Source records
----

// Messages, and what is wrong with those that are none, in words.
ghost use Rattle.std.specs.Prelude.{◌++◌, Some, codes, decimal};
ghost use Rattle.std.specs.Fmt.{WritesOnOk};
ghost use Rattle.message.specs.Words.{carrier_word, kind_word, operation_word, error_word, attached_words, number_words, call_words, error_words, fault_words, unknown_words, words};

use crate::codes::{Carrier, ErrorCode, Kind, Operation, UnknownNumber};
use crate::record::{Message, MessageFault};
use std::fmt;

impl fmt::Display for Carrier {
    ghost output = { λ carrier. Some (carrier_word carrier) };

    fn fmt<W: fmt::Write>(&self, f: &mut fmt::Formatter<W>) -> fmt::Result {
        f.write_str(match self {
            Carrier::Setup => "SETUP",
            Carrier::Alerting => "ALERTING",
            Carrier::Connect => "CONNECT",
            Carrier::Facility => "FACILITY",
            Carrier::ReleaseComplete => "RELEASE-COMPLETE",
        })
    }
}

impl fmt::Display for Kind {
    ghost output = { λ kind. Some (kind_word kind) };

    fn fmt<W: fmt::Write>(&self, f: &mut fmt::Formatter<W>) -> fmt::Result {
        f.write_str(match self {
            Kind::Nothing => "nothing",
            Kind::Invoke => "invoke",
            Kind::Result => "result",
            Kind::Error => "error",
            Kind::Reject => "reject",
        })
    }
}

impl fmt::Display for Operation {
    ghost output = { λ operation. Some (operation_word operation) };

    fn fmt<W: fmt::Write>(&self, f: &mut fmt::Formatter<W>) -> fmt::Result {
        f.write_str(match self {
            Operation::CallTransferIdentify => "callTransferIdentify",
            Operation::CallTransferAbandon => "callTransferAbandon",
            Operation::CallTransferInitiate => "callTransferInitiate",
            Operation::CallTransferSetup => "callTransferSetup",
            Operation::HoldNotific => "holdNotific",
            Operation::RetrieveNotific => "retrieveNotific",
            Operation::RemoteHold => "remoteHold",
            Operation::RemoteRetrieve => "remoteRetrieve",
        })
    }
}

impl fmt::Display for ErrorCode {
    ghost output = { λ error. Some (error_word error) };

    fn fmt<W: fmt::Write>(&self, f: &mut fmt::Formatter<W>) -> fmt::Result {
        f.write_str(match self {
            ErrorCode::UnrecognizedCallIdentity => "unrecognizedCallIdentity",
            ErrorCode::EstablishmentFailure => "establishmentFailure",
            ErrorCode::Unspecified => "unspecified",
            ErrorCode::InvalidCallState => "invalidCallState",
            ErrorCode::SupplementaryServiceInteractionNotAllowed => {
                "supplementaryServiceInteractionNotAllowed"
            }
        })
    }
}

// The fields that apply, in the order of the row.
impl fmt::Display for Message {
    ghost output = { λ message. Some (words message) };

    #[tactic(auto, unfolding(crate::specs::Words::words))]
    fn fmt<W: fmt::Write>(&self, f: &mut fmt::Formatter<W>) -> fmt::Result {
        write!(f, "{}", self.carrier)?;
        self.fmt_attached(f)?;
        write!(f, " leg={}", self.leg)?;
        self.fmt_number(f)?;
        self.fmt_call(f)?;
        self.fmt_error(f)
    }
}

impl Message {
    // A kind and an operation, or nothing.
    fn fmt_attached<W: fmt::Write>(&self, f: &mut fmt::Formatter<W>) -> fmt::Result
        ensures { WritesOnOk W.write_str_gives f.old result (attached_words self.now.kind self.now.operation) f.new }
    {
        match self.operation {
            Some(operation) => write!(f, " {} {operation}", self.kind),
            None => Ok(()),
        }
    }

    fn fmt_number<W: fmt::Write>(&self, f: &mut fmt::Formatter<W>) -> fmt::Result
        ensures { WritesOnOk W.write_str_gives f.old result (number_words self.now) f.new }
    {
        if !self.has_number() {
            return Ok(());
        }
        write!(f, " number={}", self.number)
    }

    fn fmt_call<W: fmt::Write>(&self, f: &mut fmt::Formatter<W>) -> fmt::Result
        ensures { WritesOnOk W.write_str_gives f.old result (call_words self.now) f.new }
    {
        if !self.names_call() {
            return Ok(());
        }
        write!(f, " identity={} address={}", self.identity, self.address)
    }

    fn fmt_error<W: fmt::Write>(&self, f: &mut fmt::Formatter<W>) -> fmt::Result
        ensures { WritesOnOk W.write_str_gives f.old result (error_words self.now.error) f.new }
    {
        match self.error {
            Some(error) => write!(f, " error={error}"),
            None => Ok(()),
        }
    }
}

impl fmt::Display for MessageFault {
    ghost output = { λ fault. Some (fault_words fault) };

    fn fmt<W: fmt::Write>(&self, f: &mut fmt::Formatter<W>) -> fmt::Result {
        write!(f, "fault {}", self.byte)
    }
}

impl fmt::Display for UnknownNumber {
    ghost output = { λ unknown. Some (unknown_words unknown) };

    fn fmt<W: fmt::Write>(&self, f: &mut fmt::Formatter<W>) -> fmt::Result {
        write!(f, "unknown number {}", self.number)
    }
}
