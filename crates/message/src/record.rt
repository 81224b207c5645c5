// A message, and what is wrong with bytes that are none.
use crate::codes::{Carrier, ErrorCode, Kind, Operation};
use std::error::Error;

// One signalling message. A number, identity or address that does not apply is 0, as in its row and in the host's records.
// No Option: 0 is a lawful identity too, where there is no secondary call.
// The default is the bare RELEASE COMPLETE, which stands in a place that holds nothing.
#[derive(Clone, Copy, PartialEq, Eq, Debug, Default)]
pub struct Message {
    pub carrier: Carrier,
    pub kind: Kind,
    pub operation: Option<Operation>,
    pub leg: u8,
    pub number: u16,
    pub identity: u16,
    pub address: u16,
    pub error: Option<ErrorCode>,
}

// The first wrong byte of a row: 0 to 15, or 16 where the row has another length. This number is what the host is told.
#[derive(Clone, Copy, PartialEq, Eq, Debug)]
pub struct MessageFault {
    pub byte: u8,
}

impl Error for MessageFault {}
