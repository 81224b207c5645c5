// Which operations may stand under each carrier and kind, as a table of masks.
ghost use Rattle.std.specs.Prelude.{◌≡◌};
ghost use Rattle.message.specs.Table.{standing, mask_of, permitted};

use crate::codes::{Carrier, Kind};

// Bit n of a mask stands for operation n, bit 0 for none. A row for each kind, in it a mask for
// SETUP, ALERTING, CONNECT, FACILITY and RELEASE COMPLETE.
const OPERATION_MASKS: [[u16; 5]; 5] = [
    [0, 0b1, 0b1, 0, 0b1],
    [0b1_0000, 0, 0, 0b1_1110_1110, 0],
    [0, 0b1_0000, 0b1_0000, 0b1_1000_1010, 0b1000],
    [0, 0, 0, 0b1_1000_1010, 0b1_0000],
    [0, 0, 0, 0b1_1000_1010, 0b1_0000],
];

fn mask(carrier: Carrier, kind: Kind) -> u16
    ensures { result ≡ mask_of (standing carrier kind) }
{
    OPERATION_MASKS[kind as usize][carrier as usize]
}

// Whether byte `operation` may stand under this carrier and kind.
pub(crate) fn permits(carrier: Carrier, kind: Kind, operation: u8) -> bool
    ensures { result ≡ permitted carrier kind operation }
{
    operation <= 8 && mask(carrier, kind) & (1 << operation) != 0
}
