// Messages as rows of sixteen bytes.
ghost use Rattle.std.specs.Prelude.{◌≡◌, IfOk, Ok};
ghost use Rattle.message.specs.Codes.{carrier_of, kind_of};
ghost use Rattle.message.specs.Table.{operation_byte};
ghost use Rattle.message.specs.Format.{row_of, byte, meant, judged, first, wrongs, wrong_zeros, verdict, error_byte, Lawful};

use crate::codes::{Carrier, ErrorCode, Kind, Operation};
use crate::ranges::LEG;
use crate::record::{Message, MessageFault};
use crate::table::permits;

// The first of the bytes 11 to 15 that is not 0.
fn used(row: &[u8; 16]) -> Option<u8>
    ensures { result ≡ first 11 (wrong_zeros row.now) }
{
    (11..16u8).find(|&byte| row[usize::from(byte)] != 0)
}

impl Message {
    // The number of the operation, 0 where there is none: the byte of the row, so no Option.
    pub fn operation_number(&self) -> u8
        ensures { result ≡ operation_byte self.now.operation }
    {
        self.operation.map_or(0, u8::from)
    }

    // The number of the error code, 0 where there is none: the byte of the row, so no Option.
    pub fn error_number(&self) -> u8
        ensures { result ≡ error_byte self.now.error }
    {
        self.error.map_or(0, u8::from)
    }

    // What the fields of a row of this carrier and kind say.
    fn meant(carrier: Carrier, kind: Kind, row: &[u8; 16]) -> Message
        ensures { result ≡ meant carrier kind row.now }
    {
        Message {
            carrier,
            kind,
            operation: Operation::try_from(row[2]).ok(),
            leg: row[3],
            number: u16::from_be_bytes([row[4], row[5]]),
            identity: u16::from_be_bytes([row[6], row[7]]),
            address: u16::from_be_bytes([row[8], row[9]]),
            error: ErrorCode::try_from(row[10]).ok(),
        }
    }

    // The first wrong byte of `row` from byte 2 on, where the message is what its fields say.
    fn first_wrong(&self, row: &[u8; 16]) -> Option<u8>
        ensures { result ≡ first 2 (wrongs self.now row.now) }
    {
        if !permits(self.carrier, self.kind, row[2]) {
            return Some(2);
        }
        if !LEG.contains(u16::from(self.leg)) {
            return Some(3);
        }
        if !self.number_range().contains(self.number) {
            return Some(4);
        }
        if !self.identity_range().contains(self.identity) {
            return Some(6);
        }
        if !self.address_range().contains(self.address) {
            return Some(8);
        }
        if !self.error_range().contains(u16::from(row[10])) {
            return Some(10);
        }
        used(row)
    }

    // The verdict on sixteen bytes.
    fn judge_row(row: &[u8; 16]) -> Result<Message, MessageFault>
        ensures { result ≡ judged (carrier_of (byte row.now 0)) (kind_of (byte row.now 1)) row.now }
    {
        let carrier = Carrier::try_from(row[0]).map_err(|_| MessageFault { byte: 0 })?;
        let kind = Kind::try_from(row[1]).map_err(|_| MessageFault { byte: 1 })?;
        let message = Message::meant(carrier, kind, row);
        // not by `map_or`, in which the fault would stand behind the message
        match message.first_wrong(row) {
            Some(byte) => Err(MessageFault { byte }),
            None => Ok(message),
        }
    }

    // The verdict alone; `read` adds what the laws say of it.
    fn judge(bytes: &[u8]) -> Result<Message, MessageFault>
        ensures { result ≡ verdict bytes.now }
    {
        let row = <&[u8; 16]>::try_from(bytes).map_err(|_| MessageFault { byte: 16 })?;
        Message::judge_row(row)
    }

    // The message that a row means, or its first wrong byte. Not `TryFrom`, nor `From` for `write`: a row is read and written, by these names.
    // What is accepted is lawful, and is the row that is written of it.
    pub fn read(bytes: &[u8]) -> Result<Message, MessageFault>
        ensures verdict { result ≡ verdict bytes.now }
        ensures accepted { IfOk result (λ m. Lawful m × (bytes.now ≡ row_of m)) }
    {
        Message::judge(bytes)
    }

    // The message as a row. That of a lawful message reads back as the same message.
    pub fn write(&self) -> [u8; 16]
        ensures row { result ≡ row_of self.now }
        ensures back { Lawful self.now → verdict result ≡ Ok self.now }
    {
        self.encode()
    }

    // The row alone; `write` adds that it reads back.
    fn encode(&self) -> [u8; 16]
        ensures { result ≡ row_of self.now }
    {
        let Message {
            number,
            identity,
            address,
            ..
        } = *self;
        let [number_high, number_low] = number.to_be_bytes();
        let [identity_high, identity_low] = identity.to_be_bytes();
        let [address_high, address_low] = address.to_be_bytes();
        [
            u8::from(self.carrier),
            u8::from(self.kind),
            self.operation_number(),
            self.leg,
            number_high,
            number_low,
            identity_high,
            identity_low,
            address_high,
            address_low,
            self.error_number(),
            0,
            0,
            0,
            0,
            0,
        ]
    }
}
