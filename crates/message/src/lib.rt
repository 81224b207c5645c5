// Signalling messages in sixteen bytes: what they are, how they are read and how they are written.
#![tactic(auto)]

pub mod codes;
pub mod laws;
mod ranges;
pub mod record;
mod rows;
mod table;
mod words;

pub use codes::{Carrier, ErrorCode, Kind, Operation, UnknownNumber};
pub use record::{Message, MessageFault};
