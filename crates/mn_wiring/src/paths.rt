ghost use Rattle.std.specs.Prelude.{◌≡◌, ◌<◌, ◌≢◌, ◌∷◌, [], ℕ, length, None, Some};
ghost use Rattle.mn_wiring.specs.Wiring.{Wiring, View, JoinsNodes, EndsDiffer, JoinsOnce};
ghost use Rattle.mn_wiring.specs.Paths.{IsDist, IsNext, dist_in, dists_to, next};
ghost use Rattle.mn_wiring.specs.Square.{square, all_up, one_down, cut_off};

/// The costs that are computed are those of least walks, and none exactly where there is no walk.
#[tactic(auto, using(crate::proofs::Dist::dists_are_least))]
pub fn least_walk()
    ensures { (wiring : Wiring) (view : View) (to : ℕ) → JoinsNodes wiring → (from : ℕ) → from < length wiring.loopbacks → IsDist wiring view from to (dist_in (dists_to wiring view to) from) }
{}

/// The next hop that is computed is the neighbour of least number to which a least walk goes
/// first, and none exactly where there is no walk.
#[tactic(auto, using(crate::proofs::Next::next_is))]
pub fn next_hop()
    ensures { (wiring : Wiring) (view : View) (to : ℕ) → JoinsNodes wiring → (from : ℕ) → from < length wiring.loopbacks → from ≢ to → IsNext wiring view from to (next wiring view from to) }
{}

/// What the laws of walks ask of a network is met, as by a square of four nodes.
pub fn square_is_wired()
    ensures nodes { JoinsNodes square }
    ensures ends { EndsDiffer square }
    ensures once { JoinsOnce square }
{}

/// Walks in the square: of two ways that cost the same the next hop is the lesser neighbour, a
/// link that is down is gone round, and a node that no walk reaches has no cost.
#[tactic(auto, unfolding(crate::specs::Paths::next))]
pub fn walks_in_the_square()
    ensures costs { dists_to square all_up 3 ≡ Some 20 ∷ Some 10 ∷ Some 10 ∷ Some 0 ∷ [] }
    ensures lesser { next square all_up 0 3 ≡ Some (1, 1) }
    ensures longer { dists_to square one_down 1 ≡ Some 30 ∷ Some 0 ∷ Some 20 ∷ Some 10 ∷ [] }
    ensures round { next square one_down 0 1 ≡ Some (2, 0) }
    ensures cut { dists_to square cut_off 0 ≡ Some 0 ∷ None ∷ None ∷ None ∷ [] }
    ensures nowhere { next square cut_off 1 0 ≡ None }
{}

----

Nothing but a number should be given: the number of lines in the records that contain the word "standing".

2